TASK OBJECTIVE — Set down the final part of the listing, which starts at the line containing "pub fn ports_are_whole()" and runs to the last line, exactly and completely.

········

//! What holds of constants and ports. Each law is the promise of a function that does nothing.

ghost use Rattle.std.specs.Prelude.{◌≡◌, ℕ, Bool, IsTrue, List, [], Option, Some};
ghost use Rattle.design_lexer.specs.declared.tree.ConstantTree.{ConstantTree};
ghost use Rattle.design_lexer.specs.declared.tree.PortTree.{PortTree};
ghost use Rattle.tree_units.specs.Constants.{IsConstant, IsProduct, constant_faults, constant_of, product_faults, product_of};
ghost use Rattle.tree_units.specs.Ports.{all_posets, port_faults, port_of};
ghost use Rattle.tree_units.specs.declared.constant.Constant.{Constant};
ghost use Rattle.value_type.specs.Ports.{is_whole};
ghost use Rattle.value_type.specs.declared.port.Port.{Port};

/// A constant has a meaning exactly where it has no fault.
pub fn constants_have_meanings_or_faults()
    ensures meaning { (c : ConstantTree) → constant_faults c ≡ [] → (k : Constant) × (constant_of c ≡ Some k) }
    ensures faultless { (c : ConstantTree) (k : Constant) → constant_of c ≡ Some k → constant_faults c ≡ [] }
{}

/// A product of two constants has a meaning exactly where it has no fault.
pub fn products_have_meanings_or_faults()
    ensures meaning { (at : ℕ) (a b : Constant) → product_faults at a b ≡ [] → (k : Constant) × (product_of a b ≡ Some k) }
    ensures faultless { (at : ℕ) (a b k : Constant) → product_of a b ≡ Some k → product_faults at a b ≡ [] }
{}

/// A constant is exactly its two numbers' quotient times its unit's size, and a product exactly the product.
pub fn constants_are_exact()
    ensures written { (c : ConstantTree) (k : Constant) → constant_of c ≡ Some k → IsConstant c k }
    ensures product { (a b k : Constant) → product_of a b ≡ Some k → IsProduct a b k }
{}

/// The type of a port has a meaning exactly where it has no fault.
pub fn ports_have_meanings_or_faults()
    ensures meaning { (posets : List ℕ → Option ℕ) (tree : PortTree) → port_faults posets tree ≡ [] → (port : Port) × (port_of posets tree ≡ Some port) }
    ensures faultless { (posets : List ℕ → Option ℕ) (tree : PortTree) (port : Port) → port_of posets tree ≡ Some port → port_faults posets tree ≡ [] }
{}

/// A port has the name that its tree writes, its unit has the form of its type, and its type names only posets that a name stands for.
pub fn ports_are_whole()
    ensures name { (posets : List ℕ → Option ℕ) (tree : PortTree) (port : Port) → port_of posets tree ≡ Some port → port.name ≡ tree.name.name }
    ensures whole { (posets : List ℕ → Option ℕ) (tree : PortTree) (port : Port) → port_of posets tree ≡ Some port → IsTrue (is_whole port) }
    ensures posets { (posets : List ℕ → Option ℕ) (test : ℕ → Bool) (tree : PortTree) (port : Port) → ((name : List ℕ) (k : ℕ) → posets name ≡ Some k → IsTrue (test k)) → port_of posets tree ≡ Some port → IsTrue (all_posets test port.kind) }
{}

········

TASK RESPONSE —
pub fn ports_are_whole()
    ensures name { (posets : List ℕ → Option ℕ) (tree : PortTree) (port : Port) → port_of posets tree ≡ Some port → port.name ≡ tree.name.name }
    ensures whole { (posets : List ℕ → Option ℕ) (tree : PortTree) (port : Port) → port_of posets tree ≡ Some port → IsTrue (is_whole port) }
    ensures posets { (posets : List ℕ → Option ℕ) (test : ℕ → Bool) (tree : PortTree) (port : Port) → ((name : List ℕ) (k : ℕ) → posets name ≡ Some k → IsTrue (test k)) → port_of posets tree ≡ Some port → IsTrue (all_posets test port.kind) }
{}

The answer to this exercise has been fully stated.